Comment 12 sigsys 2024-11-14 00:43:11 UTC
Created attachment 255155 [details]
PR277476 fix
Comment 13 sigsys 2024-11-14 00:48:43 UTC
(In reply to Emmanuel Vadot from comment #9)
Alright here it is.

Is it already too late to have this merged in 14.2?

I'm pretty sure this patch is safe. GFP_NORETRY isn't used in-tree at all right now. And this patch makes it do pretty much what it says. It doesn't retry. You'd hope that any code using this flag would expect allocations to fail...

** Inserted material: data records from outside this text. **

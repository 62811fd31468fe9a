//! A token with its text, its class and its number.

ghost use Rattle.std.specs.Prelude.{◌≡◌, ◌≤◌, ◌<◌, ◌^◌, ◌-◌, IfOk, take, drop, length};
ghost use Rattle.std.specs.Str.{IsUtf8};
ghost use Rattle.spectra_lexer.specs.Slices.{AreSlices};
ghost use Rattle.spectra_trees.specs.Lexemes.{lexeme as lexeme_lem, lexemes_from, name_of};
ghost use Rattle.spectra_trees.specs.Classes.{same_class};
ghost use Rattle.spectra_trees.specs.Views.{name_data, lexeme_of, lexemes_of};

use crate::class::{Class, class_of, is_same};
use crate::tree::{Name, Place};
use spectra_lexer::Token;
use std::alloc::{AllocError, Global};

/// A token with its text: what it is for the grammar, where it stands, and its number in the list, from 0.
#[derive(Clone, Copy)]
pub struct Spelled<'a> {
    pub class: Class,
    pub text: &'a str,
    pub at: Place,
    pub number: u32,
}

/// Whether a token is of a class.
pub fn is(token: &Spelled<'_>, class: Class) -> bool
    ensures { result ≡ same_class (lexeme_of token.now).class class }
{
    is_same(token.class, class)
}

/// The name that a token is.
pub fn name(alloc: Global, token: &Spelled<'_>) -> Result<Name, AllocError>
    ensures { IfOk result (λ n. name_data n ≡ name_of (lexeme_of token.now)) }
{
    Ok(Name {
        text: String::from_str(alloc, token.text)?,
        line: token.at.line,
        column: token.at.column,
    })
}

/// A token with its slice of the text.
fn spell<'a>(text: &'a [u8], token: &Token, number: u32) -> Spelled<'a>
    requires forward { token.now.from ≤ token.now.to }
    requires within { token.now.to ≤ length text.now }
    requires utf8 { IsUtf8 (take (token.now.to - token.now.from) (drop token.now.from text.now)) }
    ensures { lexeme_of result ≡ lexeme_lem text.entry.now number token.now }
{
    let slice = &text[token.from as usize..token.to as usize];
    let text = str::from_utf8(slice).unwrap();
    Spelled {
        class: class_of(token.kind, text),
        text,
        at: Place {
            line: token.line,
            column: token.column,
        },
        number,
    }
}

/// The tokens of a text with their slices of it, numbered from 0.
pub fn spell_all<'a>(
    alloc: Global,
    text: &'a [u8],
    tokens: &[Token],
) -> Result<Vec<Spelled<'a>>, AllocError>
    requires slices { AreSlices text.now 0 tokens.now }
    requires few { length tokens.now < 2 ^ 32 }
    ensures { IfOk result (λ found. lexemes_of found.items ≡ lexemes_from text.entry.now 0 tokens.now) }
{
    let mut found = Vec::with_capacity(alloc, tokens.len())?;
    let mut number = 0;
    for token in tokens {
        found.push(spell(text, token, number))?;
        number += 1;
    }
    Ok(found)
}
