//! The tables of the reserved words and the signs.

ghost use Rattle.std.specs.Prelude.{◌≡◌, map};
ghost use Rattle.spectra_trees.specs.Classes.{class_in as class_in_lem, sign_class as sign_class_lem, word_class as word_class_lem};

use crate::class::Class;

/// The reserved words, each with what it is for the grammar.
const WORDS: [(&str, Class); 50] = [
    ("spec", Class::Head),
    ("module", Class::Head),
    ("import", Class::Import),
    ("env", Class::Env),
    ("sys", Class::Sys),
    ("aux", Class::Aux),
    ("boolean", Class::Boolean),
    ("Int", Class::Int),
    ("type", Class::TypeWord),
    ("var", Class::Var),
    ("define", Class::Define),
    ("predicate", Class::Predicate),
    ("pattern", Class::Pattern),
    ("monitor", Class::Monitor),
    ("asm", Class::Asm),
    ("assumption", Class::Asm),
    ("gar", Class::Gar),
    ("guarantee", Class::Gar),
    ("ini", Class::Ini),
    ("initially", Class::Ini),
    ("alw", Class::Alw),
    ("always", Class::Alw),
    ("G", Class::Alw),
    ("trans", Class::Alw),
    ("alwEv", Class::AlwEv),
    ("alwaysEventually", Class::AlwEv),
    ("GF", Class::AlwEv),
    ("trig", Class::Trig),
    ("next", Class::Next),
    ("true", Class::True),
    ("false", Class::False),
    ("mod", Class::Mod),
    ("forall", Class::ForAll),
    ("exists", Class::Exists),
    ("in", Class::In),
    ("not", Class::Not),
    ("and", Class::And),
    ("or", Class::Or),
    ("implies", Class::Implies),
    ("iff", Class::Iff),
    ("PREV", Class::Prev),
    ("Y", Class::Prev),
    ("ONCE", Class::Once),
    ("O", Class::Once),
    ("HISTORICALLY", Class::Historically),
    ("H", Class::Historically),
    ("SINCE", Class::Since),
    ("S", Class::Since),
    ("TRIGGERED", Class::Triggered),
    ("T", Class::Triggered),
];

/// The signs, each with what it is for the grammar.
const SIGNS: [(&str, Class); 27] = [
    ("->", Class::Implies),
    ("<->", Class::Iff),
    ("|=>", Class::Then),
    (":=", Class::Becomes),
    ("..", Class::UpTo),
    ("=", Class::Equal),
    ("!=", Class::Unequal),
    ("<", Class::Less),
    ("<=", Class::AtMost),
    (">", Class::Greater),
    (">=", Class::AtLeast),
    ("+", Class::Plus),
    ("-", Class::Minus),
    ("*", Class::Star),
    ("!", Class::Not),
    ("&", Class::And),
    ("|", Class::Bar),
    ("?", Class::Question),
    (":", Class::Colon),
    (";", Class::Semicolon),
    (",", Class::Comma),
    ("(", Class::Open),
    (")", Class::Close),
    ("[", Class::OpenBracket),
    ("]", Class::CloseBracket),
    ("{", Class::OpenBrace),
    ("}", Class::CloseBrace),
];

/// The class of the first row of a text.
fn class_in(rows: &[(&str, Class)], text: &str) -> Class
    ensures { result ≡ class_in_lem (map (λ row. (row.0.now, row.1)) rows.now) text.now }
{
    for &(spelling, class) in rows {
        if text == spelling {
            return class;
        }
    }
    Class::Unknown
}

/// Which reserved word a text is.
#[tactic(auto, unfolding(crate::specs::Classes::word_class))]
pub fn word_class(text: &str) -> Class
    ensures { result ≡ word_class_lem text.now }
{
    class_in(&WORDS, text)
}

/// Which sign a text is.
#[tactic(auto, unfolding(crate::specs::Classes::sign_class))]
pub fn sign_class(text: &str) -> Class
    ensures { result ≡ sign_class_lem text.now }
{
    class_in(&SIGNS, text)
}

The problem doesn't always happen for everyone but when it does man it's rough. After a week or two I was getting hangs that lasted 15 seconds sometimes. Restarting firefox would fix it for a while but eventually it becomes unusable.

Even if this made it in 14.2 IIUC it would take a while before the 14.X packages would be compiled against the new kernel headers, but it would already be useful to have it in base so that you could get the fix by compiling drm-kmod from ports.
Comment 14 fullermd 2024-11-14 02:08:03 UTC
FWIW, I definitely ran into what sounds just like this (with several different cards, on both 515 and 61; 510 was always rock solid).  After a few days, I'd sometimes get freezes lasting a minute or more.

A workaround that seems to work for me has been switching from the amdgpu to the modesetting X driver; I still occasionally see little blips, but they resolve and don't seem to pile up the way they did on amdgpu, even after months of uptime.
Comment 15 Olivier Certner freebsd_committer freebsd_triage 2024-11-14 09:24:12 UTC
(In reply to sigsys from comment #13)

It seems manu@ is having a crash with the patch applied on 5.15.  So while it seems safe, we have to rule out some possible impacts in certain situations.

I'm afraid it is too late to have it merged in 14.2 anyway, so let's be sure we are not regressing anything while fixing the problem.